Information shown —
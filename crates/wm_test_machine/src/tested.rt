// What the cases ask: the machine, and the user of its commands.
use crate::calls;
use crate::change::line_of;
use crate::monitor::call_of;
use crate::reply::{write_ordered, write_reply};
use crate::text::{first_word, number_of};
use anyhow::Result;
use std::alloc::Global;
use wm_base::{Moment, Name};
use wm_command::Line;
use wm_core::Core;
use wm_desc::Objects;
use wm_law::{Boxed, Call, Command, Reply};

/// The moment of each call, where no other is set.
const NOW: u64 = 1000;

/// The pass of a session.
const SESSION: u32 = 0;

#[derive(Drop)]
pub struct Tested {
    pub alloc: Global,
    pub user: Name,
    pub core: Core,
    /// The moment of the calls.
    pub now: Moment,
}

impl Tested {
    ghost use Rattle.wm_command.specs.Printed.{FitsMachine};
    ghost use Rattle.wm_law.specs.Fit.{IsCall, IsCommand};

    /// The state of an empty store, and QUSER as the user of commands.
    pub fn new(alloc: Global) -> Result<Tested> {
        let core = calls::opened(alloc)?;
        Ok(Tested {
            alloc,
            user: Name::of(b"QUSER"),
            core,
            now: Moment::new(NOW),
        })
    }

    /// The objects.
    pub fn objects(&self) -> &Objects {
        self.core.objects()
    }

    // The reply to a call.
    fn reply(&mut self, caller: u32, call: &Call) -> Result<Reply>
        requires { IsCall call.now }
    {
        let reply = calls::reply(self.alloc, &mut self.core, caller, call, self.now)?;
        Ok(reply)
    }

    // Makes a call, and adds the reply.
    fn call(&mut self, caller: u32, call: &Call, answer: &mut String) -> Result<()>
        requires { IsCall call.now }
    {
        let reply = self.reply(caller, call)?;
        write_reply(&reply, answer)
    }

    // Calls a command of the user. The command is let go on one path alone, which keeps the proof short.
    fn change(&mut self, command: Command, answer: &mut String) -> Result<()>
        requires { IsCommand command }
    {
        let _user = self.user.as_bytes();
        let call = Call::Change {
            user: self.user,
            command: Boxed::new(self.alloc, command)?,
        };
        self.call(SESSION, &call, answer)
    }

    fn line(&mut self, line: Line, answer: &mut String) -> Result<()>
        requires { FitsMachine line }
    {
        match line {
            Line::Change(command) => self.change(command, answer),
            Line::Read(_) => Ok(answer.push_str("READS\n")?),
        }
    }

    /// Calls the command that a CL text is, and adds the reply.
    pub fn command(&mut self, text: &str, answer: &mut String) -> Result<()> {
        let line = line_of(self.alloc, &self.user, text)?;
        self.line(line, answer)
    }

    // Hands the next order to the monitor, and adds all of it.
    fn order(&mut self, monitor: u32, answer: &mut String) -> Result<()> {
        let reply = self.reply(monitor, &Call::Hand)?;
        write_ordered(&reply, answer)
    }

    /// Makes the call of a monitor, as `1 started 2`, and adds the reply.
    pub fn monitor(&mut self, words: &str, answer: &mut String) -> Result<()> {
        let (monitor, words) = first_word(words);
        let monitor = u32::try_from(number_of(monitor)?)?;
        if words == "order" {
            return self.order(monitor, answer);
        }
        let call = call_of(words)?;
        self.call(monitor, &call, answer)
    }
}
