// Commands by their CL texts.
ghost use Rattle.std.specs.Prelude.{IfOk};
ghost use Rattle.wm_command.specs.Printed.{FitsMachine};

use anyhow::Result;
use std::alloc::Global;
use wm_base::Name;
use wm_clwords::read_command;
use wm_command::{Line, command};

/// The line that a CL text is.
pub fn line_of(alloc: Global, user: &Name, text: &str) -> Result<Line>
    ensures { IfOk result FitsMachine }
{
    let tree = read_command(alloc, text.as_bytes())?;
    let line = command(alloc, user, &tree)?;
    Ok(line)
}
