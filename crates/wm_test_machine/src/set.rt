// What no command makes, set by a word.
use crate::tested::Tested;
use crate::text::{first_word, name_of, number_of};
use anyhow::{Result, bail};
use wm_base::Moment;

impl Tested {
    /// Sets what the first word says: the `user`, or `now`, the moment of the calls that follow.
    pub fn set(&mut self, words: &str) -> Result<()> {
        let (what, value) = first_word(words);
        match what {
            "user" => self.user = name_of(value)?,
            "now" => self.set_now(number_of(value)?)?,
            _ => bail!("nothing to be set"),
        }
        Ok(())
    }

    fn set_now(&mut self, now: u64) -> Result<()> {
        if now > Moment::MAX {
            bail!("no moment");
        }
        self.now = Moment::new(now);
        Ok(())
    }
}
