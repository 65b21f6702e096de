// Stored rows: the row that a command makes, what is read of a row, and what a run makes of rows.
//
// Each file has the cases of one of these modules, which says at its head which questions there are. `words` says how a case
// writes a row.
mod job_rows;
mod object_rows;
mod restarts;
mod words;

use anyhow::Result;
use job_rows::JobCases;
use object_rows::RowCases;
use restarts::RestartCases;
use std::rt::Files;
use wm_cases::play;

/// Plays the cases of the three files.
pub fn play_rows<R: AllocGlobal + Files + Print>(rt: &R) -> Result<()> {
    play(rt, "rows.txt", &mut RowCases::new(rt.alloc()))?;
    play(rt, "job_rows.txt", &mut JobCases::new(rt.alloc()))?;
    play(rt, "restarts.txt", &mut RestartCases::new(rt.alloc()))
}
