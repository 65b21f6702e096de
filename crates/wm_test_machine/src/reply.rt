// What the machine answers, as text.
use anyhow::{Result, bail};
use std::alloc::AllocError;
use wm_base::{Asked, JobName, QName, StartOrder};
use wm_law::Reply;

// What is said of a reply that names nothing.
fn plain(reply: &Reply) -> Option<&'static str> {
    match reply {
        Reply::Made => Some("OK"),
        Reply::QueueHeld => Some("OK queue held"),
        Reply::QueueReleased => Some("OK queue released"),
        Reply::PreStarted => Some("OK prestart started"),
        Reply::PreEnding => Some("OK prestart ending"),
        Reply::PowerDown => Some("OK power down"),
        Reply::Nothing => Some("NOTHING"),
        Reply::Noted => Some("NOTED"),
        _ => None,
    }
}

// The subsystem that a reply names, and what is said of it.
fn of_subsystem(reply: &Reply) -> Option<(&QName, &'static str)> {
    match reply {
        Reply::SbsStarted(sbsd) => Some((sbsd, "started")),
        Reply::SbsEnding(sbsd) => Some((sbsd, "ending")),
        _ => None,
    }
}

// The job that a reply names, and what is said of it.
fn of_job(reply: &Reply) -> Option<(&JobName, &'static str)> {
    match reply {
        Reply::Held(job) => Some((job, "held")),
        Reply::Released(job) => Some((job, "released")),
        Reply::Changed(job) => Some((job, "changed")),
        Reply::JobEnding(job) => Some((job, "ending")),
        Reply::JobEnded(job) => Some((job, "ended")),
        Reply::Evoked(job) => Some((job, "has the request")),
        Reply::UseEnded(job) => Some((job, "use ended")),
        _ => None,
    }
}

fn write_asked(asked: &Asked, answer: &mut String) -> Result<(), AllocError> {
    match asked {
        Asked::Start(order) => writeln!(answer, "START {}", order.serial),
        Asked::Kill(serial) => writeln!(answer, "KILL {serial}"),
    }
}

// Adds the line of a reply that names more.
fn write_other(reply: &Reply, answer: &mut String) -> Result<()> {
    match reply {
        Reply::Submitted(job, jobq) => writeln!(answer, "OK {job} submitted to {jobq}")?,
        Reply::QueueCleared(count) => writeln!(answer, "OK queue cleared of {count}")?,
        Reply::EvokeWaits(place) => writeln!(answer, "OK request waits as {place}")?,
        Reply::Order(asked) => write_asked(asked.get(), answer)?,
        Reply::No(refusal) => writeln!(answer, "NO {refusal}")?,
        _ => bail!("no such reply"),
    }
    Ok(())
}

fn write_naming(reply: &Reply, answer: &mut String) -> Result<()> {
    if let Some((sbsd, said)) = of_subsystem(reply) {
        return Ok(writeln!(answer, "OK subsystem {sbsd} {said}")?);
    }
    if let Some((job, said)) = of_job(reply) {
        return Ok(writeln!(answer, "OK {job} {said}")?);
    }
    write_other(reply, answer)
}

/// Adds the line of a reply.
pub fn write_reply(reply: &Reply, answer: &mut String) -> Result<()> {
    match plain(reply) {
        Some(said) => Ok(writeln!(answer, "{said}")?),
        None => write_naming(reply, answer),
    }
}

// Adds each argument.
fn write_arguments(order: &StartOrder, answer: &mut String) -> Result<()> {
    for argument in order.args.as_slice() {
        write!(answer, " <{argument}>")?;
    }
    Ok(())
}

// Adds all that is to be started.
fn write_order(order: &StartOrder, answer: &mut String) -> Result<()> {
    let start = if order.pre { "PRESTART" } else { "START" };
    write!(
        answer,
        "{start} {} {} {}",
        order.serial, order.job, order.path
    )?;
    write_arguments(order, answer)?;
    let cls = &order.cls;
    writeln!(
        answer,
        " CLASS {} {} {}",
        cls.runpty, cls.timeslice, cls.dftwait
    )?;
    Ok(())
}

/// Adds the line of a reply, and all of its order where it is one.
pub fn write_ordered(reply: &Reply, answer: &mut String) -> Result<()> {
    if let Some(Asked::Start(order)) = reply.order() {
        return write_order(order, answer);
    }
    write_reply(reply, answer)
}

--

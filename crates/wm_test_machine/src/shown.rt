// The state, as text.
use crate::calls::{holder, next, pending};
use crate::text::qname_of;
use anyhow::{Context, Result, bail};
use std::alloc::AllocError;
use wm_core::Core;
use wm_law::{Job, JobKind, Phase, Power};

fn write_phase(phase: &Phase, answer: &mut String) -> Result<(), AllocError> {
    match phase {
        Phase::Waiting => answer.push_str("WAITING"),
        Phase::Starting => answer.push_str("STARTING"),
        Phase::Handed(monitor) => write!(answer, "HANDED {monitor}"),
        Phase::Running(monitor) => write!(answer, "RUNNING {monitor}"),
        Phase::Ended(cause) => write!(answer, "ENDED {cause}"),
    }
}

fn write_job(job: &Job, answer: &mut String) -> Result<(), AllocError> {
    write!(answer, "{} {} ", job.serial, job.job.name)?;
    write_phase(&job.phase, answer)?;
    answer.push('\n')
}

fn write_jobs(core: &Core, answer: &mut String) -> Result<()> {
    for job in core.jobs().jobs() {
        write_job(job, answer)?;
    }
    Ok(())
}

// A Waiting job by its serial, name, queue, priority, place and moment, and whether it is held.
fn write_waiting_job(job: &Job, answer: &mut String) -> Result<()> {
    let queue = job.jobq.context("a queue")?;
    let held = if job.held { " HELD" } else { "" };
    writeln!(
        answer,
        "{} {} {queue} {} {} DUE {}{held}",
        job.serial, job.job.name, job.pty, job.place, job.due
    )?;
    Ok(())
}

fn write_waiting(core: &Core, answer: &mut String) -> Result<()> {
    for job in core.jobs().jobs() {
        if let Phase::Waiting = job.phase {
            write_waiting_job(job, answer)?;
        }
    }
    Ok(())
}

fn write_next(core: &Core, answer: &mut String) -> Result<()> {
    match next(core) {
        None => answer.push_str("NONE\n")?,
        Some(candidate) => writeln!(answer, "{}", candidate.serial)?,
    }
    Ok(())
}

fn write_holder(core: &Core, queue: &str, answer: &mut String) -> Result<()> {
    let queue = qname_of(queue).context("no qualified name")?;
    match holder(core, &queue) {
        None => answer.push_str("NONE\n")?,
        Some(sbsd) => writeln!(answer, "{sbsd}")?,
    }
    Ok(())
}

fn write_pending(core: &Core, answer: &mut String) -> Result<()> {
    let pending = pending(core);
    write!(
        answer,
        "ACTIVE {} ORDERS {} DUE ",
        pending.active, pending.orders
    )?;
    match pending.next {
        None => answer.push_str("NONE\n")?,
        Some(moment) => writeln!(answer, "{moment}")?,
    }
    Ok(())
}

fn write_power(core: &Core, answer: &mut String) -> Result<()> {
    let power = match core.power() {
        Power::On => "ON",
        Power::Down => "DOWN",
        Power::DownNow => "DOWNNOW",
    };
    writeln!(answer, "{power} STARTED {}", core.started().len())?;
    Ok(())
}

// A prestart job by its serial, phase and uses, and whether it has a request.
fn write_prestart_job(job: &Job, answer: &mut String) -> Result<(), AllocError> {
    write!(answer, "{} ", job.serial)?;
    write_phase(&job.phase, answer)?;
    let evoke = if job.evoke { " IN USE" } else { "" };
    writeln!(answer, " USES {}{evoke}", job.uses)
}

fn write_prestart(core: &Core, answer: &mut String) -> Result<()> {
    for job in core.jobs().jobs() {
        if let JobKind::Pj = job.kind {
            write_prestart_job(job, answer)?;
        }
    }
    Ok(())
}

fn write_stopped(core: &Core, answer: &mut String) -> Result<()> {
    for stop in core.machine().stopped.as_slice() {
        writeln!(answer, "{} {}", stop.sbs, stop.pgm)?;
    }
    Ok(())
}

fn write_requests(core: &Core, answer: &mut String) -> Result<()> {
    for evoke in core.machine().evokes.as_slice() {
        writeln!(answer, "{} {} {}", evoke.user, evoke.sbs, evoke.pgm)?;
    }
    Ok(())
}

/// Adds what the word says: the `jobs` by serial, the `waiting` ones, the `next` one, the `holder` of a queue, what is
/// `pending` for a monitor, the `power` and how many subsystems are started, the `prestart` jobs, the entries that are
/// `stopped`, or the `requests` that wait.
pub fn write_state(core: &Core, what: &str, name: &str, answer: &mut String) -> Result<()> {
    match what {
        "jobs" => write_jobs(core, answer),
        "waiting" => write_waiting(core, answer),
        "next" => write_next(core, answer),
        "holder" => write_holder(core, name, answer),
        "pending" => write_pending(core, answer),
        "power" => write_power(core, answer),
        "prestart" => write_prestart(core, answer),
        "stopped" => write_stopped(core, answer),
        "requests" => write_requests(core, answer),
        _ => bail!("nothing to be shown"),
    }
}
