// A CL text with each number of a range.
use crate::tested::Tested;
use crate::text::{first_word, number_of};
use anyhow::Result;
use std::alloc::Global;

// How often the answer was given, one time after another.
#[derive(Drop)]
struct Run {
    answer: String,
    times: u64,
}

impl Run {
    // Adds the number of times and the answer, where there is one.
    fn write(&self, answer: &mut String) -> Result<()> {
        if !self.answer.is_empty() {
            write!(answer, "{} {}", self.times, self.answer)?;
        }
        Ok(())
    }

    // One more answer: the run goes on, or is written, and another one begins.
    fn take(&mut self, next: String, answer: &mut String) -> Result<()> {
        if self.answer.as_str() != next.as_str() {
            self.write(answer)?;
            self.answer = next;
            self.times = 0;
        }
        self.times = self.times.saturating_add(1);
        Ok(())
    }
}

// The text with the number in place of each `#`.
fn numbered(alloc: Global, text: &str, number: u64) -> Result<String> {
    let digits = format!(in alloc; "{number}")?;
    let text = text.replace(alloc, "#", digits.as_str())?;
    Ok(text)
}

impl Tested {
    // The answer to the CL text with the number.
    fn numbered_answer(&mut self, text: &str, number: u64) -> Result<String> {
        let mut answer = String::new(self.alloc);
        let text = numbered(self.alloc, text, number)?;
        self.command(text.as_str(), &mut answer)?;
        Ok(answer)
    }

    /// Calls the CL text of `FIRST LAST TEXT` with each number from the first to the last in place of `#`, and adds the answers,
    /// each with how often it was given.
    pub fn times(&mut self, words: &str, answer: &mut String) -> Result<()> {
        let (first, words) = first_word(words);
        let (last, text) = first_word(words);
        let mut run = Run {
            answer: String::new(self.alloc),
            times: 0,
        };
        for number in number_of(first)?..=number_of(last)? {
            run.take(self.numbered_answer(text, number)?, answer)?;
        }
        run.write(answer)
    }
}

* * *

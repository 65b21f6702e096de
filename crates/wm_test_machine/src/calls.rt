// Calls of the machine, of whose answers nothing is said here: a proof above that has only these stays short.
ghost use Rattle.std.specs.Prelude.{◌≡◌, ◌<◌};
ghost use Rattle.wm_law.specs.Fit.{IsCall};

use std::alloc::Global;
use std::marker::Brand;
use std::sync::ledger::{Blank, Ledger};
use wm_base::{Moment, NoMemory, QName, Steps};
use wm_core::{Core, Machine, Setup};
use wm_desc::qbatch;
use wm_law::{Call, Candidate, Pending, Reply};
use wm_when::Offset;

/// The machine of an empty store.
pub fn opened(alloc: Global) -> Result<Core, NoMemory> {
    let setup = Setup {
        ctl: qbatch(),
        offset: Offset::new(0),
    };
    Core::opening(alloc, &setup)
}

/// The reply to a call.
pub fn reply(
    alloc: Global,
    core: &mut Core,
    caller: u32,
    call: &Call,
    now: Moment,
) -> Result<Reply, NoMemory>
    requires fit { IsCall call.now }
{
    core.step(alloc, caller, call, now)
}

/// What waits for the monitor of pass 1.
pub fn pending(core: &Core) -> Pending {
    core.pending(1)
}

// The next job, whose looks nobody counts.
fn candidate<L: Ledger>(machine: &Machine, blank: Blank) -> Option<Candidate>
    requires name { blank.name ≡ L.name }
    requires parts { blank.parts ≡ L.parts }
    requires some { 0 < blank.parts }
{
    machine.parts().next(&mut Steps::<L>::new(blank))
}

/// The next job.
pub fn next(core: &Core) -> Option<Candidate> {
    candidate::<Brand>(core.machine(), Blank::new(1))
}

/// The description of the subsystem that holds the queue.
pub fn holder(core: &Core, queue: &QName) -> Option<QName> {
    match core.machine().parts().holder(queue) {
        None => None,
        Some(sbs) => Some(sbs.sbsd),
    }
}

Activity — From the material above, retype precisely the lines between the line holding "filename crates/wm_test_machine/src/tested.rt" and the line holding "use wm_command::Line;", inclusive, and nothing beyond them.

Answer box —
filename crates/wm_test_machine/src/tested.rt
// What the cases ask: the machine, and the user of its commands.
use crate::calls;
use crate::change::line_of;
use crate::monitor::call_of;
use crate::reply::{write_ordered, write_reply};
use crate::text::{first_word, number_of};
use anyhow::Result;
use std::alloc::Global;
use wm_base::{Moment, Name};
use wm_command::Line;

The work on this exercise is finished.